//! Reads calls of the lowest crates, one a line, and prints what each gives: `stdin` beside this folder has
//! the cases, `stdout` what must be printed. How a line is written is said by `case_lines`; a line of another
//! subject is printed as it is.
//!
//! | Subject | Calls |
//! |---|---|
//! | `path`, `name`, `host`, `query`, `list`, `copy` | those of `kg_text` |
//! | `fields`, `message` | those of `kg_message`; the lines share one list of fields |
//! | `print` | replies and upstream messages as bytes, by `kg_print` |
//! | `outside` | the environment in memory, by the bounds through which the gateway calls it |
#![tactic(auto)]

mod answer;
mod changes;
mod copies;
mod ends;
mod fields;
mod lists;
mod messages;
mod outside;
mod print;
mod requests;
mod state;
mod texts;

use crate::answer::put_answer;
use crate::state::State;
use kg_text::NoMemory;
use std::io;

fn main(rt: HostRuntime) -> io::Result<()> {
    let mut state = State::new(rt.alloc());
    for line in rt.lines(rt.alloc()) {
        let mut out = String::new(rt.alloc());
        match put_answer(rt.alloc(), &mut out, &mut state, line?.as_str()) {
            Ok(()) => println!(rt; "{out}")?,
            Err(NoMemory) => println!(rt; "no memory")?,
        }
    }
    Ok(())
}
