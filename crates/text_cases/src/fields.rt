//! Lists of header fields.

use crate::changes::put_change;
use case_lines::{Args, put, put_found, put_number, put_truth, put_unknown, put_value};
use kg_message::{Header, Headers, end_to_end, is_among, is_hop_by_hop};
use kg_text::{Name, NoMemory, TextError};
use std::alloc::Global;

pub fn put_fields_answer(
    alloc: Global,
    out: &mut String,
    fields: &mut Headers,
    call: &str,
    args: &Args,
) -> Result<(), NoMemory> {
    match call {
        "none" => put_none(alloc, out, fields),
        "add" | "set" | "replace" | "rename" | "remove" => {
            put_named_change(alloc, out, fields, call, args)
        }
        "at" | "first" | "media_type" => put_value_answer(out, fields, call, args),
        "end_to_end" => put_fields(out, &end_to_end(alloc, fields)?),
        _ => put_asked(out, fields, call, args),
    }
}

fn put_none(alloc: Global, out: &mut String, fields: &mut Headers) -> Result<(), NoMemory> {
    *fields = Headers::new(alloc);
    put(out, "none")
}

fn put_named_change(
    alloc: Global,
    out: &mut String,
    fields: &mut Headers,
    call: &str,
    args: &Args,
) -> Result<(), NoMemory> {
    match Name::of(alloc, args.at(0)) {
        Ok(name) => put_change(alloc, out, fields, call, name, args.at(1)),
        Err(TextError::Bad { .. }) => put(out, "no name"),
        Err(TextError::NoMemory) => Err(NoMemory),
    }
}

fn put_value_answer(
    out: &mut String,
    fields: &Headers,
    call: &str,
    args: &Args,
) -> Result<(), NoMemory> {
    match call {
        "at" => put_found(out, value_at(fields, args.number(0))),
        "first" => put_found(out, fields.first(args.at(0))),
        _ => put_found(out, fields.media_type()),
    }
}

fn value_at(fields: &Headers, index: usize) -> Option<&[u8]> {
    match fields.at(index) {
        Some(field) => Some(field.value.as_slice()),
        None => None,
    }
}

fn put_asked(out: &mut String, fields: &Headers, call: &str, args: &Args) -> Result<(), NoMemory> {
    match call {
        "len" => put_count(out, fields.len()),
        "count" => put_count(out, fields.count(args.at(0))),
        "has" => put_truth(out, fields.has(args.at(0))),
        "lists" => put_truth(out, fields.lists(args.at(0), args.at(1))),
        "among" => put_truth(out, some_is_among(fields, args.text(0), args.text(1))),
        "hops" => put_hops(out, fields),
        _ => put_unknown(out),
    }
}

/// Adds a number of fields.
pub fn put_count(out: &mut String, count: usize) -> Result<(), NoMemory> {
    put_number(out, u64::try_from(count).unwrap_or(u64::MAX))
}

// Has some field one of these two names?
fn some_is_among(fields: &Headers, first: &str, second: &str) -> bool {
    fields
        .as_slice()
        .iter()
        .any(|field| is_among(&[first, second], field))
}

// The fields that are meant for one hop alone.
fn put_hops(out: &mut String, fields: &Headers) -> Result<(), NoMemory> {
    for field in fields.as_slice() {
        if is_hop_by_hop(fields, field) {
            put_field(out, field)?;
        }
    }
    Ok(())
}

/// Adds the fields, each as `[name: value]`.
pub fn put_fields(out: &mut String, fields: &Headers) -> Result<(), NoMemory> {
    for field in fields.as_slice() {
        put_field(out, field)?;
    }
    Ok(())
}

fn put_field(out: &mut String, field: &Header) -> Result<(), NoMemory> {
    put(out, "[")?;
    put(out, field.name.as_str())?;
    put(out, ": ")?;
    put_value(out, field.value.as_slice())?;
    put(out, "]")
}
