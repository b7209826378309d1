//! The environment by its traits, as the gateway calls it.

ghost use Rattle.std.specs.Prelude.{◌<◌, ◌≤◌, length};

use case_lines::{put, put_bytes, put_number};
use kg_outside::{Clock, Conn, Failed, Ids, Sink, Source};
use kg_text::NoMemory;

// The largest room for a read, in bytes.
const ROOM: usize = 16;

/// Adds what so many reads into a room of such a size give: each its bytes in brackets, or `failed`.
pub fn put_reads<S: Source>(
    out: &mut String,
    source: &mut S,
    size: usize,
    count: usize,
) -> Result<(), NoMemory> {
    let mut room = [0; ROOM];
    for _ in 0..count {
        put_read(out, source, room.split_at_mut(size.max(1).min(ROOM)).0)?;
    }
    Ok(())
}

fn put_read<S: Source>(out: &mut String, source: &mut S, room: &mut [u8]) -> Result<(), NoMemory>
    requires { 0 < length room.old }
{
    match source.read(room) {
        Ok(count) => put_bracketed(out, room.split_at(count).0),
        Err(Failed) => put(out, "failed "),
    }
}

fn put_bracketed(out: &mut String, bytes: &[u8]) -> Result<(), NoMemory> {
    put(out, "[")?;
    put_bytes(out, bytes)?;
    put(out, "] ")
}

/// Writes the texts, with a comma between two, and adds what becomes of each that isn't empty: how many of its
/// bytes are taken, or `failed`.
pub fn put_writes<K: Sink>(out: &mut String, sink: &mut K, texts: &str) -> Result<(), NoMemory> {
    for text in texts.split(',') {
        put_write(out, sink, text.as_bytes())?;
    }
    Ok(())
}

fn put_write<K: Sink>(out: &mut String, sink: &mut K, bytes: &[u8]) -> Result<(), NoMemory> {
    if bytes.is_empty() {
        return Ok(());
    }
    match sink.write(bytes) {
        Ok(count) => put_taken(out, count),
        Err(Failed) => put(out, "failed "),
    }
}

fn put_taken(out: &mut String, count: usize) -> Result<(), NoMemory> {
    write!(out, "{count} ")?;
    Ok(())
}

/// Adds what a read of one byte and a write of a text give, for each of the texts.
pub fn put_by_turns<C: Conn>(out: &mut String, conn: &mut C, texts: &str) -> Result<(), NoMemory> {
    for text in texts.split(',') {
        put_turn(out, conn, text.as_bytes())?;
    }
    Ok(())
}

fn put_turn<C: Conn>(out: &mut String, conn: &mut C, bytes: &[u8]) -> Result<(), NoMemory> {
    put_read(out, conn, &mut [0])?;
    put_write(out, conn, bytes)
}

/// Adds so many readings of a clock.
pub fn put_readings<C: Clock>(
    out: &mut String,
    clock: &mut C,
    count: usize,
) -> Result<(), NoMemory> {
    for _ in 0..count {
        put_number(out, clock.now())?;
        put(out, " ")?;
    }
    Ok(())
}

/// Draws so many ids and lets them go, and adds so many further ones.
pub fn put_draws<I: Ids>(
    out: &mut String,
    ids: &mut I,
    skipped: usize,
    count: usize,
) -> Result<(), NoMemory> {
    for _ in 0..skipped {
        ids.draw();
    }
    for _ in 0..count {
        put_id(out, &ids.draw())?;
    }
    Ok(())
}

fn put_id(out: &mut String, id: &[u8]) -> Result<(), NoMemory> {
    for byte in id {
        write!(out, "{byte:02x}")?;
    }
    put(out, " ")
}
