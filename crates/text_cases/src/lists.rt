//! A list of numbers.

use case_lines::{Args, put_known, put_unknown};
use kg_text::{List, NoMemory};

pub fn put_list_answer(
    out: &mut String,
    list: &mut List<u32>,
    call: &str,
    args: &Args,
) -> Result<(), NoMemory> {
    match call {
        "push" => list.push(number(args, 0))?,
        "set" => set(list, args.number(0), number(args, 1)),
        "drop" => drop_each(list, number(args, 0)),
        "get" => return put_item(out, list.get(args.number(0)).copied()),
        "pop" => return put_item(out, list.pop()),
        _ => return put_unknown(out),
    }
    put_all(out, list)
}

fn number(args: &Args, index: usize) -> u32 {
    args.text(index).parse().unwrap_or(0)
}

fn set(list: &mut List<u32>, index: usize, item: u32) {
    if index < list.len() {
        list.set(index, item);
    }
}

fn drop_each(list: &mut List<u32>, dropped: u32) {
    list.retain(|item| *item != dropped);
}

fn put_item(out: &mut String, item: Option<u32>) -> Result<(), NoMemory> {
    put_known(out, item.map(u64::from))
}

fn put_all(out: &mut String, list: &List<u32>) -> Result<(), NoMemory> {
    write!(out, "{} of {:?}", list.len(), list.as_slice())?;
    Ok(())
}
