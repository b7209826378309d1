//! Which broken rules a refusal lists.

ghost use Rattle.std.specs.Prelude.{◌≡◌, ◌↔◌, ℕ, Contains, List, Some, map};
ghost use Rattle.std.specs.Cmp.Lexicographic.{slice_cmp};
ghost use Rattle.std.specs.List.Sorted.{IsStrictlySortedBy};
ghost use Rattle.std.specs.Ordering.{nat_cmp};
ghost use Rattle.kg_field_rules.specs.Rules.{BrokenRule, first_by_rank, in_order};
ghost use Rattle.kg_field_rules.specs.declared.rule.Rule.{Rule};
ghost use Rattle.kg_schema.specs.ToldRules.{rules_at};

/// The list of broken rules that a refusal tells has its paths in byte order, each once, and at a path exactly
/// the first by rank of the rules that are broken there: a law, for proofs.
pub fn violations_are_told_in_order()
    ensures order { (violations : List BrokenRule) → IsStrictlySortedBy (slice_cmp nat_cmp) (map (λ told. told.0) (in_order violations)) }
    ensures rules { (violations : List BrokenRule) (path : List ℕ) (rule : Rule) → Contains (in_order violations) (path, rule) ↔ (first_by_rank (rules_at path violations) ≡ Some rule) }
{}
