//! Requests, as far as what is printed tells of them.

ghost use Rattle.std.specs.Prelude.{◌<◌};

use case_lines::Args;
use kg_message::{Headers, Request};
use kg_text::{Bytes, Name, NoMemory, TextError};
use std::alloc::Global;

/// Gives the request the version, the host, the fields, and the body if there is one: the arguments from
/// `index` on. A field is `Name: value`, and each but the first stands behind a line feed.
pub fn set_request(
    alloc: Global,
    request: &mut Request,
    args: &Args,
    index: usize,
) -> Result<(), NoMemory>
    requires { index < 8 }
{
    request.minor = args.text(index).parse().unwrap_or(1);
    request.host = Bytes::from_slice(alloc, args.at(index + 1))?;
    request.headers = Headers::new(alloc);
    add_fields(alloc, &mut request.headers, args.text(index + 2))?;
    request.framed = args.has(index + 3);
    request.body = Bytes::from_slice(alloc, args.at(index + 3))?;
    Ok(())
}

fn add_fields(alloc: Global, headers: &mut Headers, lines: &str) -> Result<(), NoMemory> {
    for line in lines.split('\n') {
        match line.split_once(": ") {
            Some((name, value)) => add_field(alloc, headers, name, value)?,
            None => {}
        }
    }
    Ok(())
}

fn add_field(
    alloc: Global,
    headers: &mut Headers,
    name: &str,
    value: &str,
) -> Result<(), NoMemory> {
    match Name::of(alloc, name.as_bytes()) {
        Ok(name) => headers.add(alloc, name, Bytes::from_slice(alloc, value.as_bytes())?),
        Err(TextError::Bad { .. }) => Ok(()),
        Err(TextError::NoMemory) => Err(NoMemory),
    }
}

+ + + + +

• **WORK REQUIRED**
Please copy every line of the records above in which "state" appears.

• **EXERCISE ANSWER**
mod state;
use crate::state::State;
    let mut state = State::new(rt.alloc());
        match put_answer(rt.alloc(), &mut out, &mut state, line?.as_str()) {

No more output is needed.